PANORAMA ATUAL DA SITUAÇÃO DOS TRABALHADORES SUBMETIDOS ÀS CONDIÇÕES ANALÁGOAS Á DE ESCRAVO NO BRASIL
Atualmente, estima-se que o país tem 155,3 mil pessoas em situação análoga à escravidão, segundo o relatórioÍndice de Escravidão Global 2014, da Fundação WalkFree, divulgado em 17.11.2014[1], tais dados constituem uma realidade de grave violação aos direitos humanos, que envergonham não somente brasileiros, mas toda a comunidade internacional.
Além disso, o Ministério do Trabalho Emprego (MTE), divulgou em 13.05.2014 um balanço do trabalho escravo em 2013[2], que apontam um recorde em ações fiscais e resgate,num total de 2.063 trabalhadores em situação análoga a de escravo, efetuadas em 179 operações realizadas em todo país.
Apesar de o trabalho escravo estar geralmente associado ao campo e agropecuária, essa realidade vem se transformando. O mesmo relatório do MTE, mostra que, em 2013, pela primeira vez o número de libertações de trabalhadores na cidade foi maior que o da área rural. Um dos motivos apontados é o aumento da demanda na construção civil no Brasil.

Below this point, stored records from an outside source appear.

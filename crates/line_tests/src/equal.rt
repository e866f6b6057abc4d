// An assertion of a long test as one call: written out in each row, it takes the proof four times as long. (The link's tests
// have one too: two test crates share no crate but the libraries.)
use std::fmt::Debug;
use std::process::Abort;

pub(crate) fn same<T: PartialEq + Debug + Drop>(rt: &impl Abort, answer: T, expected: T) {
    assert_eq!(rt; answer, expected);
}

Sobre o trabalho escravo contemporâneo, o Procurador doTrabalho Ronaldo Lima dos Santos destaca suas diferentes denominações:
“Independentemente da denominação adotada – “trabalho escravo contemporâneo”, “escravidão por divida”, “trabalho forçado”, “trabalho obrigatório”, “redução à condição análoga à de escravo” [...] – em todas as hipóteses levantadas, constatamos flagrantemente a sempre presença de vícios de vontade, seja no início da arregimentação do trabalhador, no começo da prestação de serviços, no curso da relação de trabalho a até mesmo por ocasião do seu termino. Os mais diversos métodos de coação, simulação, fraude, dolo, indução ao erro, são empregados para cercear a vontade do empregado e obriga-lo à prestação de serviços contra sua vontade”[3]

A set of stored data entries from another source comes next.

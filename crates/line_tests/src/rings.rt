// A ring of octets, call by call.
use crate::equal::same;
use lines::{Ring, RingFull};

// Two octets from a place on, none where the ring does not hold both.
fn pair(ring: &Ring<'_, u8>, from: usize) -> Option<[u8; 2]> {
    let mut out = [0; 2];
    ring.peek(from, &mut out).then_some(out)
}

// Round the end of five slots; runs are added, read, written over and taken out whole or not at all. Slots that hold nothing
// are zero, and the memory behind the slots is as it was.
#[test]
fn ring_by_a_table(rt: HostRuntime) {
    let mut memory = [9; 7];
    let mut ring = Ring::make(&mut memory, 5);
    same(&rt, ring.size(), 5);
    same(&rt, ring.push_all(&[1, 2]), Ok(()));
    same(&rt, ring.push_all(&[3, 4]), Ok(()));
    same(&rt, ring.push_all(&[5, 6]), Err(RingFull));
    ring.shed(3);
    same(&rt, ring.push_all(&[5, 6]), Ok(()));
    same(&rt, ring.push_all(&[7, 8]), Ok(()));
    same(&rt, ring.push(9), Err(RingFull));
    same(&rt, pair(&ring, 1), Some([5, 6]));
    same(&rt, pair(&ring, 3), Some([7, 8]));
    same(&rt, pair(&ring, 4), None);
    assert!(rt; ring.poke(2, &[60, 70]));
    assert!(rt; !ring.poke(4, &[80, 90]));
    ring.replace(4, 88);
    ring.replace(5, 99);
    same(&rt, ring.get(3), Some(70));
    same(&rt, ring.get(5), None);
    same(&rt, ring.pop(), Some(4));
    same(&rt, ring.pop(), Some(5));
    same(&rt, ring.len(), 3);
    same(&rt, ring.push(11), Ok(()));
    ring.shed(2);
    same(&rt, ring.len(), 2);
    same(&rt, ring.get(1), Some(11));
    assert_eq!(rt; memory, [0, 0, 88, 11, 0, 9, 9]);
}

#[test]
fn ring_without_room(rt: HostRuntime) {
    let mut memory = [9; 7];
    let ring = Ring::make(&mut memory, 8);
    assert_eq!(rt; ring.size(), 0);
}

Desta forma, o trabalho em condições análogas ao de escravo, caracteriza-se por restringir a liberdade do trabalhador e também quando não forem observadas as condições necessárias para que o ser humano possa trabalhar dignamente, respeitados os seus direitos e garantias.
DIRETRIZES INTERNACIONAIS E A LEGISLAÇÃO BRASILEIRA
Neste contexto, aOrganização Internacional do Trabalho (OIT), agência multilateral ligada à ONU (Organização das Nações Unidas) que tem por missão promover as garantias fundamentais dos trabalhadores, editou em 1930 a Convenção nº 29[4], - ratificada pelo Brasil em 1957, que definiu trabalho forçado como: “todo trabalho ou serviço exigido de uma pessoa sob a ameaça de sanção e para o qual ela não tiver se oferecido espontaneamente”.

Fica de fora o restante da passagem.